■ **EXERCISE GOAL**
From the first line of the data through the line containing "length body.now ≤", return each line exactly.

■ **Stored data**
ghost use Rattle.std.specs.Prelude.{◌≡◌, ◌≤◌, ◌<◌, ◌^◌, ◌∷◌, ◌++◌, Some, length, IfOk, OnOk};
ghost use Rattle.byteorder.specs.Endian.{big_bytes};
ghost use Rattle.aip_addr.specs.Ids.{address_bytes};
ghost use Rattle.aip_frame.specs.Frame.{kind_code, most_body, challenge_body, frame_bytes, frame_of};

use crate::frame::{Frame, Kind};
use aip_addr::{Address, Bytes};
use std::alloc::{AllocError, Global};

/// The bytes of a frame: 90, then the body. They read back as the frame. The only error is want of
/// memory.
pub fn encode(alloc: Global, frame: &Frame) -> Result<Bytes, AllocError>
    requires body { length frame.now.body ≤ most_body }
    requires challenge { frame.now.kind ≡ Kind.Challenge → length frame.now.body ≡ challenge_body }
    ensures spelled { IfOk result (λ b. b ≡ frame_bytes frame.now) }
    ensures read_back { IfOk result (λ b. frame_of b ≡ Some frame.now) }
{
    let body = frame.body.as_slice();
    let mut out = Vec::with_capacity(alloc, 90 + body.len())?;
    push_head(&mut out, frame.kind, frame.hop, frame.packet)?;
    push_address(&mut out, &frame.to)?;
    push_address(&mut out, &frame.from)?;
    push_body(&mut out, body)?;
    Ok(Bytes::from_vec(out))
}

fn push_head(out: &mut Vec<u8>, kind: Kind, hop: u8, packet: u32) -> Result<(), AllocError>
    ensures spelled { OnOk result (out.new.items ≡ out.old.items ++ (1 ∷ kind_code kind ∷ hop ∷ 0 ∷ big_bytes 4 packet)) }
    ensures hop { hop < 256 }
    ensures packet { packet < 2 ^ 32 }
{
    out.extend_from_slice(&[1, code_of(kind), hop, 0])?;
    out.extend_from_slice(&packet.to_be_bytes())
}

fn push_address(out: &mut Vec<u8>, address: &Address) -> Result<(), AllocError>
    ensures spelled { OnOk result (out.new.items ≡ out.old.items ++ address_bytes address.now) }
    ensures ad { length address.now.ad.bytes ≡ 20 }
    ensures eid { length address.now.eid.bytes ≡ 20 }
{
    out.extend_from_slice(&address.write())
}

fn push_body(out: &mut Vec<u8>, body: &[u8]) -> Result<(), AllocError>
    requires { length body.now ≤ most_body }
    ensures { OnOk result (out.new.items ≡ out.old.items ++ (big_bytes 2 (length body.now) ++ body.now)) }
{
    out.extend_from_slice(&(body.len() as u16).to_be_bytes())?;
    out.extend_from_slice(body)
}

fn code_of(kind: Kind) -> u8
    ensures { result ≡ kind_code kind }
{
    match kind {
        Kind::Data => 0,
        Kind::Challenge => 1,
        Kind::Response => 2,
        Kind::ShutOff => 3,
    }
}
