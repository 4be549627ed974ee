ghost use Rattle.std.specs.Prelude.{◌≡◌, ◌≤◌, ◌↔◌, Some, length, take, drop, IsTrue, IsSome, IfSome, is_some};
ghost use Rattle.aip_addr.specs.Ids.{address_of};
ghost use Rattle.aip_frame.specs.declared.frame.Frame.{Frame};
ghost use Rattle.aip_frame.specs.Frame.{IsFrame, frame_bytes, frame_of, body_fits, kind_at};
ghost use Rattle.aip_frame.specs.Form.{has_form};

use crate::frame::{Kind, MOST_BODY};
use aip_addr::Address;
use byteorder::{BigEndian, ByteOrder};

/// Whether the bytes are a frame: all of them, the fixed bytes as they must be, one of the four kinds,
/// and a body of the length that is written and that the kind may have.
pub fn is_frame(bytes: &[u8]) -> bool
    ensures computed { result ≡ is_some (frame_of bytes.now) }
    ensures spelled { IsTrue result ↔ ((f : Frame) × IsFrame bytes.now f) }
    ensures exact { (f : Frame) → IsFrame bytes.now f → frame_of bytes.now ≡ Some f }
    ensures sound { IfSome (frame_of bytes.now) (λ f. IsFrame bytes.now f) }
{
    has_form(bytes)
}

fn has_form(bytes: &[u8]) -> bool
    ensures { result ≡ has_form bytes.now }
{
    if bytes.len() < 90 {
        return false;
    }
    let len = bytes.len() - 90;
    bytes[0] == 1
        && bytes[1] <= 3
        && bytes[3] == 0
        && usize::from(BigEndian::read_u16(&bytes[88..])) == len
        && body_fits(kind_at(bytes[1]), len)
}

fn body_fits(kind: Kind, len: usize) -> bool
    ensures { result ≡ body_fits kind len }
{
    match kind {
        Kind::Challenge => len == 154,
        Kind::Data | Kind::Response | Kind::ShutOff => len <= MOST_BODY,
    }
}

fn kind_at(code: u8) -> Kind
    ensures { result ≡ kind_at code }
{
    match code {
        0 => Kind::Data,
        1 => Kind::Challenge,
        2 => Kind::Response,
        _ => Kind::ShutOff,
    }
}

/// The kind of a frame.
#[tactic(auto, using(crate::proofs::Frames::long))]
pub fn kind_of(bytes: &[u8]) -> Kind
    requires { IsSome (frame_of bytes.now) }
    ensures { IfSome (frame_of bytes.now) (λ f. result ≡ f.kind) }
{
    kind_at(bytes[1])
}

/// The hop limit of a frame.
#[tactic(auto, using(crate::proofs::Frames::long))]
pub fn hop_of(bytes: &[u8]) -> u8
    requires { IsSome (frame_of bytes.now) }
    ensures { IfSome (frame_of bytes.now) (λ f. result ≡ f.hop) }
{
    bytes[2]
}

/// The packet id of a frame.
#[tactic(auto, using(crate::proofs::Frames::long))]
pub fn packet_of(bytes: &[u8]) -> u32
    requires { IsSome (frame_of bytes.now) }
    ensures { IfSome (frame_of bytes.now) (λ f. result ≡ f.packet) }
{
    BigEndian::read_u32(&bytes[4..])
}

/// The destination of a frame.
#[tactic(auto, using(crate::proofs::Frames::long))]
pub fn to_of(bytes: &[u8]) -> Address
    requires { IsSome (frame_of bytes.now) }
    ensures { IfSome (frame_of bytes.now) (λ f. result ≡ f.to) }
{
    address_at(&bytes[8..])
}

/// The source of a frame, as the frame claims it.
#[tactic(auto, using(crate::proofs::Frames::long))]
pub fn from_of(bytes: &[u8]) -> Address
    requires { IsSome (frame_of bytes.now) }
    ensures { IfSome (frame_of bytes.now) (λ f. result ≡ f.from) }
{
    address_at(&bytes[48..])
}

fn address_at(bytes: &[u8]) -> Address
    requires { 40 ≤ length bytes.now }
    ensures { result ≡ address_of (take 40 bytes.now) }
{
    Address::read(&bytes[..40]).unwrap()
}

/// The body of a frame.
#[tactic(auto, using(crate::proofs::Frames::long))]
pub fn body_of(bytes: &[u8]) -> &[u8]
    requires { IsSome (frame_of bytes.now) }
    ensures body { IfSome (frame_of bytes.now) (λ f. result.now ≡ f.body) }
    ensures sound { IfSome (frame_of bytes.now) (λ f. IsFrame bytes.now f) }
{
    &bytes[90..]
}

/// Writes the hop limit of a frame. Nothing else changes.
#[tactic(auto, using(crate::proofs::Frames::long))]
pub fn set_hop(bytes: &mut [u8], hop: u8)
    requires { IsSome (frame_of bytes.old) }
    ensures spelled { IfSome (frame_of bytes.old) (λ f. bytes.new ≡ frame_bytes (record f { hop = hop })) }
    ensures frame { IfSome (frame_of bytes.old) (λ f. frame_of bytes.new ≡ Some (record f { hop = hop })) }
{
    bytes[2] = hop;
}
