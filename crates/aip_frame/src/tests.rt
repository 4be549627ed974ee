use super::*;
use aip_addr::{Address, Bytes, Id};
use std::test::Fail;

// A packet with two bytes of content, as another implementation of the network writes it: the head,
// the destination, the source, the body's length and the body.
const PACKET: [u8; 92] = *b"\
    \x01\x00\x40\x00\x00\x00\x00\x07\
    \x01\x11\x11\x11\x11\x11\x11\x11\x11\x11\x11\x11\x11\x11\x11\x11\x11\x11\x11\x00\
    \x01\xbb\xbb\xbb\xbb\xbb\xbb\xbb\xbb\xbb\xbb\xbb\xbb\xbb\xbb\xbb\xbb\xbb\xbb\x00\
    \x01\x11\x11\x11\x11\x11\x11\x11\x11\x11\x11\x11\x11\x11\x11\x11\x11\x11\x11\x00\
    \x01\xaa\xaa\xaa\xaa\xaa\xaa\xaa\xaa\xaa\xaa\xaa\xaa\xaa\xaa\xaa\xaa\xaa\xaa\x00\
    \x00\x02\x68\x69";

fn id(middle: u8) -> Id {
    let mut bytes = [middle; 20];
    bytes[0] = 1;
    bytes[19] = 0;
    Id { bytes }
}

fn destination() -> Address {
    Address {
        ad: id(0x11),
        eid: id(0xbb),
    }
}

fn source() -> Address {
    Address {
        ad: id(0x11),
        eid: id(0xaa),
    }
}

#[test]
fn a_packet_is_written(rt: HostRuntime) -> Result<(), Fail> {
    let body = Bytes::from_slice(rt.alloc(), b"hi")?;
    assert_eq!(rt; body.as_slice().len(), 2);
    let frame = Frame {
        kind: Kind::Data,
        hop: 64,
        packet: 7,
        to: destination(),
        from: source(),
        body,
    };
    let bytes = encode(rt.alloc(), &frame)?;
    assert_eq!(rt; bytes.as_slice(), PACKET.as_slice());
    Ok(())
}

#[test]
fn the_fields_of_a_packet_are_read(rt: HostRuntime) {
    assert!(rt; is_frame(&PACKET));
    assert_eq!(rt; kind_of(&PACKET), Kind::Data);
    assert_eq!(rt; hop_of(&PACKET), 64);
    assert_eq!(rt; packet_of(&PACKET), 7);
    assert_eq!(rt; to_of(&PACKET), destination());
    assert_eq!(rt; from_of(&PACKET), source());
    assert_eq!(rt; body_of(&PACKET), b"hi".as_slice());
}

#[test]
fn the_hop_limit_is_set(rt: HostRuntime) {
    let mut bytes = PACKET;
    assert!(rt; is_frame(&bytes));
    set_hop(&mut bytes, 63);
    assert_eq!(rt; bytes[2], 63);
    assert_eq!(rt; bytes[..2], PACKET[..2]);
    assert_eq!(rt; bytes[3..], PACKET[3..]);
}

#[test]
fn only_the_form_is_a_frame(rt: HostRuntime) {
    let mut bytes = [0; 91];
    bytes[0] = 1;
    assert!(rt; is_frame(&bytes[..90]));
    assert!(rt; !is_frame(&bytes[..89]));
    assert!(rt; !is_frame(&bytes), "a byte after the body");
    bytes[3] = 1;
    assert!(rt; !is_frame(&bytes[..90]), "the fourth byte is 0");
    bytes[3] = 0;
    bytes[1] = 4;
    assert!(rt; !is_frame(&bytes[..90]), "there are four kinds");
}

#[test]
fn a_challenge_has_154_bytes(rt: HostRuntime) {
    let mut bytes = [0; 244];
    bytes[0] = 1;
    bytes[1] = 1;
    bytes[89] = 154;
    assert!(rt; is_frame(&bytes));
    bytes[89] = 153;
    assert!(rt; !is_frame(&bytes[..243]));
}

#[test]
fn a_frame_has_at_most_9216_bytes(rt: HostRuntime) -> Result<(), Fail> {
    let mut bytes = vec![in rt.alloc(); 0; 9217]?;
    assert_eq!(rt; bytes.len(), 9217);
    bytes[0] = 1;
    bytes[88] = 0x23;
    bytes[89] = 0xa7;
    assert!(rt; !is_frame(&bytes));
    bytes[89] = 0xa6;
    bytes.truncate(9216);
    assert!(rt; is_frame(&bytes));
    Ok(())
}

#[test]
fn a_packet_is_parsed_whole(rt: HostRuntime) -> Result<(), Fail> {
    let frame = parse(rt.alloc(), &PACKET)?.ok_or("a frame")?;
    assert_eq!(rt; frame.kind, Kind::Data);
    assert_eq!(rt; frame.hop, 64);
    assert_eq!(rt; frame.packet, 7);
    assert_eq!(rt; frame.to, destination());
    assert_eq!(rt; frame.from, source());
    assert_eq!(rt; frame.body.as_slice(), b"hi".as_slice());
    assert!(rt; parse(rt.alloc(), &PACKET[..91])?.is_none());
    Ok(())
}

#[test]
fn the_hash_of_a_packet_leaves_the_hop_limit_out(rt: HostRuntime) {
    // SHA-256 of the packet's bytes with 0 as the third, by another implementation of the hash.
    let hash =
        b"\x83\xd8\x8c\x18\x09\xaf\x4f\x4f\xee\xc6\x32\x73\xa0\xe8\x00\x43\x59\x9b\x9c\xf2\x93\x60\x45\xc1\xcb\x6c\x3d\x9c\x2c\x07\x75\x3b";
    let mut bytes = PACKET;
    assert!(rt; is_frame(&bytes));
    assert_eq!(rt; packet_hash(&bytes)[..], hash[..]);
    set_hop(&mut bytes, 1);
    assert_eq!(rt; packet_hash(&bytes)[..], hash[..]);
}
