//! Reading a whole file through a folder, up to a limit.
ghost use Rattle.std.specs.Prelude.{◌≡◌, ◌≤◌, ◌<◌, ◌^◌, ◌+◌, IsSome, IfOk, IsErrOf, length};
ghost use Rattle.pack_base.specs.Counts.{GrewBy, Rose};
ghost use Rattle.pack_base.specs.Outside.{Later, SameFaults, bytes_at};

use crate::outside::{Failed, Folder};
use std::alloc::{AllocError, AllocFailed, Global};

/// How many bytes one read asks for.
const PIECE: usize = 65536;

/// Why a file wasn't read whole.
#[derive(Clone, Copy, Debug, PartialEq, Eq)]
pub enum ReadWhole {
    /// A read failed, and the folder's count of read faults rose.
    ReadFault,
    /// The folder gave more bytes than the limit.
    TooLarge,
    /// Want of memory.
    Memory,
}

impl From<Failed> for ReadWhole {
    ghost use Rattle.pack_base.specs.declared.reading.ReadWhole.TheVariants.{ReadFault};

    ghost from_gives = { λ _ e. e ≡ ReadFault };

    fn from(_: Failed) -> ReadWhole {
        ReadWhole::ReadFault
    }
}

impl From<AllocError> for ReadWhole {
    ghost use Rattle.pack_base.specs.declared.reading.ReadWhole.TheVariants.{Memory};

    ghost from_gives = { λ _ e. e ≡ Memory };

    fn from(_: AllocError) -> ReadWhole {
        ReadWhole::Memory
    }
}

impl<T: Drop> From<AllocFailed<T>> for ReadWhole {
    ghost use Rattle.pack_base.specs.declared.reading.ReadWhole.TheVariants.{Memory};

    ghost from_gives = { λ _ e. e ≡ Memory };

    fn from(_: AllocFailed<T>) -> ReadWhole {
        ReadWhole::Memory
    }
}

/// Reads a file from its front to its end, in pieces of at most 64 KiB. It gives up as `TooLarge` as soon as it
/// has more than `limit` bytes.
pub fn read_whole<F: Folder>(
    alloc: Global,
    folder: &mut F,
    name: &str,
    limit: u64,
) -> Result<Vec<u8>, ReadWhole>
    requires { limit < 2 ^ 63 }

    ensures whole { IfOk result (λ text. IsSome (F.files folder.old) → text.items ≡ bytes_at (F.files folder.old) name.now) }
    ensures within { IfOk result (λ text. length text.items ≤ limit) }
    ensures read_fault { IsErrOf result ReadWhole.ReadFault
        → Rose (F.read_faults folder.old name.now) (F.read_faults folder.new name.now) }

    // Too large is what the folder gave, and where the files are told the file is.
    ensures too_large { IsErrOf result ReadWhole.TooLarge
        → GrewBy (limit + 1) (F.given folder.old name.now) (F.given folder.new name.now) }
    ensures larger { IsErrOf result ReadWhole.TooLarge → IsSome (F.files folder.old)
        → limit < length (bytes_at (F.files folder.old) name.now) }

    ensures files { F.files folder.new ≡ F.files folder.old }
    ensures quiet { (IsErrOf result ReadWhole.ReadFault → ⊥)
        → SameFaults F.read_faults F.write_faults folder.old folder.new }
    ensures later { Later F.read_faults F.write_faults F.given folder.old folder.new }
{
    let mut text = Vec::new(alloc);
    let mut piece = vec![in alloc; 0u8; PIECE]?;
    while text.len() as u64 <= limit {
        let count = folder.read_at(name, text.len() as u64, &mut piece)?;
        if count == 0 {
            return Ok(text);
        }
        text.extend_from_slice(&piece[..count])?;
    }
    Err(ReadWhole::TooLarge)
}
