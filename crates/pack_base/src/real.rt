//! The real files and the standard output. No clause says what they hold. What moves between them and a buffer is
//! said over any reader and writer.
ghost use Rattle.std.specs.Prelude.{◌≡◌, ◌≢◌, ◌≤◌, ℕ, List, None, IfOk, IfErr, OnOk, length};
ghost use Rattle.std.specs.IoError.{error_kind};
ghost use Rattle.std.specs.Io.KnownBytes.{Appends, ReadConsumes};

use crate::outside::{Failed, Folder, Sink};
use std::fs::{OpenFile, OpenOptions};
use std::io::{ErrorKind, Read, Seek, SeekFrom, Write};
use std::rt::Files;
use std::{fs, io};

/// The files of the system, by their paths. It tells no content.
#[derive(Drop)]
pub struct RealFolder<R: Files + Drop> {
    rt: R,
    read_faults: u64,
    write_faults: u64,
    given: u64,
}

impl<R: Files + Drop> RealFolder<R> {
    /// The files that a runtime reaches, without faults so far.
    pub fn new(rt: R) -> RealFolder<R>
        ensures read_faults { result.read_faults ≡ 0 }
        ensures write_faults { result.write_faults ≡ 0 }
        ensures given { result.given ≡ 0 }
    {
        RealFolder {
            rt,
            read_faults: 0,
            write_faults: 0,
            given: 0,
        }
    }
}

/// One read, tried again where a signal interrupts it.
pub(crate) fn read_some<R: Read>(reader: &mut R, buf: &mut [u8]) -> io::Result<usize>
    ensures count { IfOk result (λ n. n ≤ length buf.old) }
    ensures bytes { ReadConsumes (R.remaining reader.old) (R.remaining reader.new) result buf.new }
    ensures retried { IfErr result (λ e. error_kind e ≢ ErrorKind.Interrupted) }
{
    for _ in 0..u64::MAX {
        match reader.read(buf) {
            Ok(count) => return Ok(count),
            Err(e) => {
                if e.kind() != ErrorKind::Interrupted {
                    return Err(e);
                }
            }
        }
    }
    Err(io::Error::from(ErrorKind::TimedOut))
}

/// Writes all bytes, in as many writes as it takes, and then what the writer held back.
fn write_whole<W: Write>(writer: &mut W, bytes: &[u8]) -> io::Result<()>
    ensures { OnOk result (Appends (W.contents writer.old) (W.contents writer.new) bytes.now) }
{
    writer.write_all(bytes)?;
    writer.flush()
}

/// Writes what a file took through to its medium, so that an error of that is seen before the file is closed.
/// A pipe or a device has no such call.
fn write_through<F: OpenFile>(file: &F) -> io::Result<()> {
    if file.metadata()?.is_file() {
        file.sync_all()?;
    }
    Ok(())
}

fn read_piece<R: Files>(rt: &R, name: &str, at: u64, buf: &mut [u8]) -> io::Result<usize>
    ensures { IfOk result (λ n. n ≤ length buf.old) }
{
    let mut file = fs::open(rt, name)?;
    file.seek(SeekFrom::Start(at))?;
    read_some(&mut file, buf)
}

fn create_empty<R: Files>(rt: &R, name: &str) -> io::Result<()> {
    let file = fs::create(rt, name)?;
    write_through(&file)
}

fn append_all<R: Files>(rt: &R, name: &str, bytes: &[u8]) -> io::Result<()> {
    let mut options = OpenOptions::new();
    options.append(true).create(true);
    let mut file = options.open(rt, name)?;
    write_whole(&mut file, bytes)?;
    write_through(&file)
}

impl<R: Files + Drop> Folder for RealFolder<R> {
    ghost files = { λ folder. None };

    ghost read_faults = { λ folder name. folder.read_faults };

    ghost write_faults = { λ folder name. folder.write_faults };

    ghost given = { λ folder name. folder.given };

    fn read_at(&mut self, name: &str, at: u64, buf: &mut [u8]) -> Result<usize, Failed> {
        match read_piece(&self.rt, name, at, buf) {
            Ok(count) => {
                self.given = self.given.saturating_add(count as u64);
                Ok(count)
            }
            Err(_) => {
                self.read_faults = self.read_faults.saturating_add(1);
                Err(Failed)
            }
        }
    }

    fn create(&mut self, name: &str) -> Result<(), Failed> {
        match create_empty(&self.rt, name) {
            Ok(()) => Ok(()),
            Err(_) => {
                self.write_faults = self.write_faults.saturating_add(1);
                Err(Failed)
            }
        }
    }

    fn append(&mut self, name: &str, bytes: &[u8]) -> Result<(), Failed> {
        match append_all(&self.rt, name, bytes) {
            Ok(()) => Ok(()),
            Err(_) => {
                self.write_faults = self.write_faults.saturating_add(1);
                Err(Failed)
            }
        }
    }
}

/// The standard output. It doesn't tell what was said.
#[derive(Drop)]
pub struct RealOut<R: Print + Drop> {
    rt: R,
    faults: u64,
}

impl<R: Print + Drop> RealOut<R> {
    /// The standard output of a runtime, without faults so far.
    pub fn new(rt: R) -> RealOut<R>
        ensures { result.faults ≡ 0 }
    {
        RealOut { rt, faults: 0 }
    }
}

fn write_out<R: Print>(rt: &R, bytes: &[u8]) -> io::Result<()> {
    let mut out = io::writer(rt);
    write_whole(&mut out, bytes)
}

impl<R: Print + Drop> Sink for RealOut<R> {
    ghost said = { λ out. None };

    ghost faults = { λ out. out.faults };

    fn say(&mut self, bytes: &[u8]) -> Result<(), Failed> {
        match write_out(&self.rt, bytes) {
            Ok(()) => Ok(()),
            Err(_) => {
                self.faults = self.faults.saturating_add(1);
                Err(Failed)
            }
        }
    }
}
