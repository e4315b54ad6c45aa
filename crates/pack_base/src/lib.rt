//! The outside of canpack: a folder of files, a sink for lines and a gate for workers, each with a meaning
//! that contracts cite, implementations in memory and real ones, and the reading of a whole file.
#![tactic(auto)]

mod failures;
mod held;
mod mem_folder;
mod mem_sink;
mod null_sink;
mod outside;
mod reading;
mod real;
mod steady_folder;

pub use mem_folder::MemFolder;
pub use mem_sink::MemSink;
pub use null_sink::NullSink;
pub use outside::{Failed, Folder, Gate, OpenGate, Sink};
pub use pack_model::Memory;
pub use reading::{ReadWhole, read_whole};
pub use real::{RealFolder, RealOut};
pub use steady_folder::SteadyFolder;

#[cfg(test)]
mod tests;
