//! A sink that takes everything.
ghost use Rattle.std.specs.Prelude.{◌≡◌, ◌≤◌, None, IsOk, OnOk, OnErr};
ghost use Rattle.pack_base.specs.Counts.{HasCause};
ghost use Rattle.pack_base.specs.Outside.{SaidPart, and_said};

use crate::outside::{Failed, Sink};

/// Takes everything, tells nothing and never fails.
#[derive(Clone, Copy, Debug)]
pub struct NullSink;

impl Sink for NullSink {
    ghost said = { λ sink. None };

    ghost faults = { λ sink. 0 };

    fn say(&mut self, _bytes: &[u8]) -> Result<(), Failed> {
        Ok(())
    }
}
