//! What canpack sees of the outside: files by name, a place for its lines, and a gate that workers pass.
ghost use Rattle.std.specs.Prelude.{◌≡◌, ◌≤◌, ◌<◌, ◌^◌, [], List, ℕ, Option, IsSome, IfOk, OnOk, OnErr, length};
ghost use Rattle.pack_base.specs.Counts.{counted, HasCause};
ghost use Rattle.pack_base.specs.Outside.{
  Appended,
  Changes,
  Files,
  Holds,
  Later,
  PartAppended,
  PartMade,
  ReadsAt,
  SameFaults,
  SaidPart,
  and_said,
  bytes_at,
};

/// The outside failed. It is answered only by an object of the outside whose count of faults rose in the call.
#[derive(Clone, Copy, Debug, PartialEq, Eq)]
pub struct Failed;

/// Files by name. A folder counts its faults and the bytes that it gave for each name, or for all names together.
/// A count of faults rises in no call that answers `Ok`.
pub trait Folder {
    /// The files by name, where the folder tells them.
    ghost files: { Self → Files };

    /// How often a read of a name failed.
    ghost read_faults: { Self → List ℕ → ℕ };

    /// How often a creation or an append of a name failed.
    ghost write_faults: { Self → List ℕ → ℕ };

    /// How many bytes the reads of a name gave.
    ghost given: { Self → List ℕ → ℕ };

    /// Reads bytes of a file from a place on into the front of `buf`, and answers how many. It answers 0 only for
    /// an empty `buf` and at the end of the file.
    fn read_at(&mut self, name: &str, at: u64, buf: &mut [u8]) -> Result<usize, Failed>
        requires { at < 2 ^ 63 }
        ensures count { IfOk result (λ n. n ≤ length buf.old) }
        ensures bytes { IfOk result (λ n. IsSome (files self.old) → ReadsAt (bytes_at (files self.old) name.now) at n buf.new) }
        ensures files { files self.new ≡ files self.old }
        ensures given { IfOk result (λ n. given self.new name.now ≡ counted (given self.old name.now) n) }
        ensures none_given { OnErr result (given self.new name.now ≡ given self.old name.now) }
        ensures later { Later read_faults write_faults given self.old self.new }
        ensures cause { HasCause (read_faults self.old name.now) (read_faults self.new name.now) result }
        ensures quiet { OnOk result (SameFaults read_faults write_faults self.old self.new) };

    /// Makes a file empty. After a failure it is as before, or empty.
    fn create(&mut self, name: &str) -> Result<(), Failed>
        ensures made { OnOk result (Changes name.now (Holds []) (files self.old) (files self.new)) }
        ensures failed { OnErr result (Changes name.now PartMade (files self.old) (files self.new)) }
        ensures later { Later read_faults write_faults given self.old self.new }
        ensures cause { HasCause (write_faults self.old name.now) (write_faults self.new name.now) result }
        ensures quiet { OnOk result (SameFaults read_faults write_faults self.old self.new) };

    /// Puts bytes at a file's end; one that is missing counts as empty. After a failure a front of them may be there.
    fn append(&mut self, name: &str, bytes: &[u8]) -> Result<(), Failed>
        ensures made { OnOk result (Changes name.now (Appended bytes.now) (files self.old) (files self.new)) }
        ensures failed { OnErr result (Changes name.now (PartAppended bytes.now) (files self.old) (files self.new)) }
        ensures later { Later read_faults write_faults given self.old self.new }
        ensures cause { HasCause (write_faults self.old name.now) (write_faults self.new name.now) result }
        ensures quiet { OnOk result (SameFaults read_faults write_faults self.old self.new) };
}

/// A place for the lines that the program says. Its count of faults rises in no call that answers `Ok`.
pub trait Sink {
    /// All that was said, where the sink tells it.
    ghost said: { Self → Option (List ℕ) };

    /// How often it failed.
    ghost faults: { Self → ℕ };

    /// Puts bytes behind what was said. After a failure a front of them may have been said.
    fn say(&mut self, bytes: &[u8]) -> Result<(), Failed>
        ensures said { OnOk result (said self.new ≡ and_said (said self.old) bytes.now) }
        ensures part { OnErr result (SaidPart bytes.now (said self.old) (said self.new)) }
        ensures later { faults self.old ≤ faults self.new }
        ensures cause { HasCause (faults self.old) (faults self.new) result }
        ensures quiet { OnOk result (faults self.new ≡ faults self.old) };
}

/// A gate that each worker enters once as it begins a shard.
pub trait Gate {
    /// Is passed at the shard's place in the certificate, from 0.
    fn enter(&self, shard: usize);
}

/// A gate that is always open.
#[derive(Clone, Copy, Debug)]
pub struct OpenGate;

impl Gate for OpenGate {
    fn enter(&self, _shard: usize) {}
}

■ **ANSWER SPACE**
ghost use Rattle.std.specs.Prelude.{◌≡◌, ◌≤◌, ◌<◌, ◌^◌, ◌∷◌, ◌++◌, Some, length, IfOk, OnOk};
ghost use Rattle.byteorder.specs.Endian.{big_bytes};
ghost use Rattle.aip_addr.specs.Ids.{address_bytes};
ghost use Rattle.aip_frame.specs.Frame.{kind_code, most_body, challenge_body, frame_bytes, frame_of};

use crate::frame::{Frame, Kind};
use aip_addr::{Address, Bytes};
use std::alloc::{AllocError, Global};

/// The bytes of a frame: 90, then the body. They read back as the frame. The only error is want of
/// memory.
pub fn encode(alloc: Global, frame: &Frame) -> Result<Bytes, AllocError>
    requires body { length frame.now.body ≤ most_body }
    requires challenge { frame.now.kind ≡ Kind.Challenge → length frame.now.body ≡ challenge_body }
    ensures spelled { IfOk result (λ b. b ≡ frame_bytes frame.now) }
    ensures read_back { IfOk result (λ b. frame_of b ≡ Some frame.now) }
{
    let body = frame.body.as_slice();
    let mut out = Vec::with_capacity(alloc, 90 + body.len())?;
    push_head(&mut out, frame.kind, frame.hop, frame.packet)?;
    push_address(&mut out, &frame.to)?;
    push_address(&mut out, &frame.from)?;
    push_body(&mut out, body)?;
    Ok(Bytes::from_vec(out))
}

fn push_head(out: &mut Vec<u8>, kind: Kind, hop: u8, packet: u32) -> Result<(), AllocError>
    ensures spelled { OnOk result (out.new.items ≡ out.old.items ++ (1 ∷ kind_code kind ∷ hop ∷ 0 ∷ big_bytes 4 packet)) }
    ensures hop { hop < 256 }
    ensures packet { packet < 2 ^ 32 }
{
    out.extend_from_slice(&[1, code_of(kind), hop, 0])?;
    out.extend_from_slice(&packet.to_be_bytes())
}

fn push_address(out: &mut Vec<u8>, address: &Address) -> Result<(), AllocError>
    ensures spelled { OnOk result (out.new.items ≡ out.old.items ++ address_bytes address.now) }
    ensures ad { length address.now.ad.bytes ≡ 20 }
    ensures eid { length address.now.eid.bytes ≡ 20 }
{
    out.extend_from_slice(&address.write())
}

fn push_body(out: &mut Vec<u8>, body: &[u8]) -> Result<(), AllocError>
    requires { length body.now ≤ most_body }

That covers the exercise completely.